§ Provided material:
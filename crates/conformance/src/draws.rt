// Pseudo-random draws: numbers, and lists of literals.
ghost use Rattle.std.specs.Prelude.{◌≡◌, ◌<◌, ◌≤◌, length};
ghost use Rattle.inline_list.specs.Listed.{listed};

use inline_list::InlineList;

// The literals of a call.
pub type Literals = InlineList<i32, 18>;

// Numbers drawn one after another, and what is made of them.
// Kept: three contracts say that vars is at most 10; it is the number of a script, whose type says it, and no part of the draws.
#[derive(Clone, Copy)]
pub struct Draws {
    pub(crate) seed: u32,
}

impl Draws {
    pub fn pick(&mut self, below: u32) -> u32
        requires { 0 < below }
        ensures { result < below }
    {
        self.seed = self.seed.wrapping_mul(1664525).wrapping_add(1013904223);
        (self.seed >> 8) % below
    }

    // A literal of a variable in use, if there is one.
    fn literal(&mut self, vars: u32) -> i32
        requires { vars ≤ 10 }
    {
        let variable = (self.pick(vars.max(1)) + 1) as i32;
        if self.pick(2) == 0 {
            variable
        } else {
            -variable
        }
    }

    // A literal of no variable in use.
    fn stranger(&mut self, vars: u32) -> i32
        requires { vars ≤ 10 }
    {
        let next = (vars + 1) as i32;
        match self.pick(4) {
            0 => 0,
            1 => next,
            2 => -next,
            _ => i32::MIN,
        }
    }

    // So many literals; one list in eight may have one of no variable in use.
    pub fn literals(&mut self, vars: u32, len: usize) -> Literals
        requires vars { vars ≤ 10 }
        requires len { len ≤ 18 }
        ensures { length (listed result) ≡ len }
    {
        // Kept: all 18 are drawn, so that what is drawn later does not hang on the length.
        let mut places = [0; 18];
        for place in places.iter_mut() {
            *place = self.literal(vars);
        }
        let mut literals = InlineList::first(places, len);
        if self.pick(8) == 0 {
            let at = self.pick(18) as usize;
            let stranger = self.stranger(vars);
            let _ = literals.replace(at, stranger);
        }
        literals
    }

    // The length of a clause: seldom 0, which leaves no row, and half the time at most 4.
    pub fn length(&mut self, longest: usize) -> usize
        ensures few { result ≤ 18 }
        ensures within { result ≤ longest }
    {
        let length = match self.pick(32) {
            0 => 0,
            1..=15 => self.pick(4) as usize + 1,
            _ => self.pick(17) as usize + 1,
        };
        length.min(longest)
    }
}
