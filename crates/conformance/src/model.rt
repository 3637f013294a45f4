// A truth table of up to 10 variables: the plainest solver.
ghost use Rattle.std.specs.Prelude.{◌≡◌, ◌↔◌, None, IsTrue, IfOk, OnOk, OnErr, IfSome, nat_le};
ghost use Rattle.std.specs.List.{list_all, list_any};
ghost use Rattle.solver.specs.Rows.{named, all_named};
ghost use Rattle.solver.specs.Refusals.{refusal, asked};
ghost use Rattle.conformance.specs.TruthTables.{row_of, true_in, sizes_of, add_asked, value_asked, may_show, IsFresh, AddsClause, IsSatisfiable, SameTable};

use solver::{Solver, SolverFault};

const ROWS: usize = 1024;

#[derive(Drop)]
pub struct Model {
    capacity: usize,
    width: usize,
    full: usize,
    vars: usize,
    room: usize,
    allowed: [bool; ROWS],
    shown: Option<usize>,
}

fn literal_true(row: usize, literal: i32) -> bool
    ensures { result ≡ true_in row literal }
{
    let variable = literal.unsigned_abs();
    if variable == 0 || variable > 10 {
        return false;
    }
    let value = (row >> (variable - 1)) % 2 == 1;
    if literal > 0 { value } else { !value }
}

fn some_true(row: usize, literals: &[i32]) -> bool
    ensures { result ≡ list_any (true_in row) literals.now }
{
    literals.iter().any(|literal| literal_true(row, *literal))
}

fn all_true(row: usize, literals: &[i32]) -> bool
    ensures { result ≡ list_all (true_in row) literals.now }
{
    literals.iter().all(|literal| literal_true(row, *literal))
}

// Kept: this and the next are not those of the crate solver, so that a fault there does not hide from the truth table.
fn is_known(vars: usize, literal: i32) -> bool
    ensures { result ≡ named vars literal }
{
    let variable = literal.unsigned_abs() as usize;
    1 <= variable && variable <= vars
}

fn all_known(vars: usize, literals: &[i32]) -> bool
    ensures { result ≡ all_named vars literals.now }
{
    literals.iter().all(|literal| is_known(vars, *literal))
}

impl Model {
    // The truth table of a solver's sizes.
    pub fn of<S: Solver>(solver: &S) -> Model
        ensures sizes { sizes_of result ≡ (S.Solver.meaning solver.now).sizes }
        ensures fresh { IsFresh 0 result }
    {
        Model::new(solver.capacity(), solver.width(), solver.full_room())
    }

    pub fn new(capacity: usize, width: usize, full: usize) -> Model
        ensures sizes { sizes_of result ≡ record { capacity = capacity; width = width; full = full } }
        ensures fresh { IsFresh 0 result }
    {
        Model {
            capacity,
            width,
            full,
            vars: 0,
            room: full,
            allowed: [true; ROWS],
            shown: None,
        }
    }

    pub fn begin(&mut self, vars: usize) -> Result<(), SolverFault>
        ensures refused { refusal result ≡ asked 20 (nat_le vars self.old.capacity) None }
        ensures fresh { OnOk result (IsFresh vars self.new) }
        ensures sizes { sizes_of self.new ≡ sizes_of self.old }
        ensures untouched { OnErr result (self.new ≡ self.old) }
    {
        if vars > self.capacity {
            return Err(SolverFault::TooManyVariables);
        }
        self.vars = vars;
        self.room = self.full;
        self.allowed = [true; ROWS];
        self.shown = None;
        Ok(())
    }

    pub fn add(&mut self, clause: &[i32]) -> Result<(), SolverFault>
        ensures refused { refusal result ≡ add_asked self.old clause.now }
        ensures added { OnOk result (AddsClause self.old self.new clause.now) }
        ensures sizes { sizes_of self.new ≡ sizes_of self.old }
        ensures untouched { OnErr result (self.new ≡ self.old) }
    {
        if clause.len() > self.width {
            return Err(SolverFault::TooLong);
        }
        if !all_known(self.vars, clause) {
            return Err(SolverFault::UnknownVariable);
        }
        let price = if clause.len() < 4 {
            1
        } else {
            clause.len() - 2
        };
        if price > self.room {
            return Err(SolverFault::NoRoom);
        }
        self.room -= price;
        self.shown = None;
        for (row, allowed) in self.allowed.iter_mut().enumerate() {
            *allowed = *allowed && some_true(row, clause);
        }
        Ok(())
    }

    // Whether some row is wanted; which one a solver shows is open.
    pub fn solve(&self, assumed: &[i32]) -> Result<bool, SolverFault>
        ensures refused { refusal result ≡ asked 21 (all_named self.now.vars assumed.now) None }
        ensures answer { IfOk result (λ yes. IsTrue yes ↔ IsSatisfiable self.now assumed.now) }
    {
        if !all_known(self.vars, assumed) {
            return Err(SolverFault::UnknownVariable);
        }
        let found = self
            .allowed
            .iter()
            .enumerate()
            .any(|(row, allowed)| *allowed && all_true(row, assumed));
        Ok(found)
    }

    // Takes over the row that a solver shows, if any, and says whether it may show that.
    pub fn show(&mut self, row: Option<usize>, assumed: &[i32]) -> bool
        ensures value { result ≡ may_show self.old row assumed.now }
        ensures shown { self.new.shown ≡ row }
        ensures same { SameTable self.old self.new }
    {
        self.shown = row;
        match row {
            None => true,
            Some(row) => self.allowed.get(row).copied().unwrap_or(false) && all_true(row, assumed),
        }
    }

    pub fn value(&self, variable: usize) -> Result<bool, SolverFault>
        ensures refused { refusal result ≡ value_asked self.now variable }
        ensures value { IfOk result (λ b. IfSome self.now.shown (λ n. b ≡ row_of n variable)) }
    {
        match self.shown {
            Some(row) if 0 < variable && variable <= self.vars && variable <= 10 => Ok(
                (row >> (variable - 1)) % 2 == 1,
            ),
            _ => Err(SolverFault::NoValue),
        }
    }

    pub fn full_room(&self) -> usize
        ensures { result ≡ self.now.full }
    {
        self.full
    }

    pub fn vars(&self) -> usize
        ensures { result ≡ self.now.vars }
    {
        self.vars
    }
}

§ Work task: The response should hold exactly the lines starting at the line with "fn all_true(row: usize, literals: &[i32])" and ending at the line with "the truth table.", and no other line of the material above.

§ Your solution:
fn all_true(row: usize, literals: &[i32]) -> bool
    ensures { result ≡ list_all (true_in row) literals.now }
{
    literals.iter().all(|literal| literal_true(row, *literal))
}

// Kept: this and the next are not those of the crate solver, so that a fault there does not hide from the truth table.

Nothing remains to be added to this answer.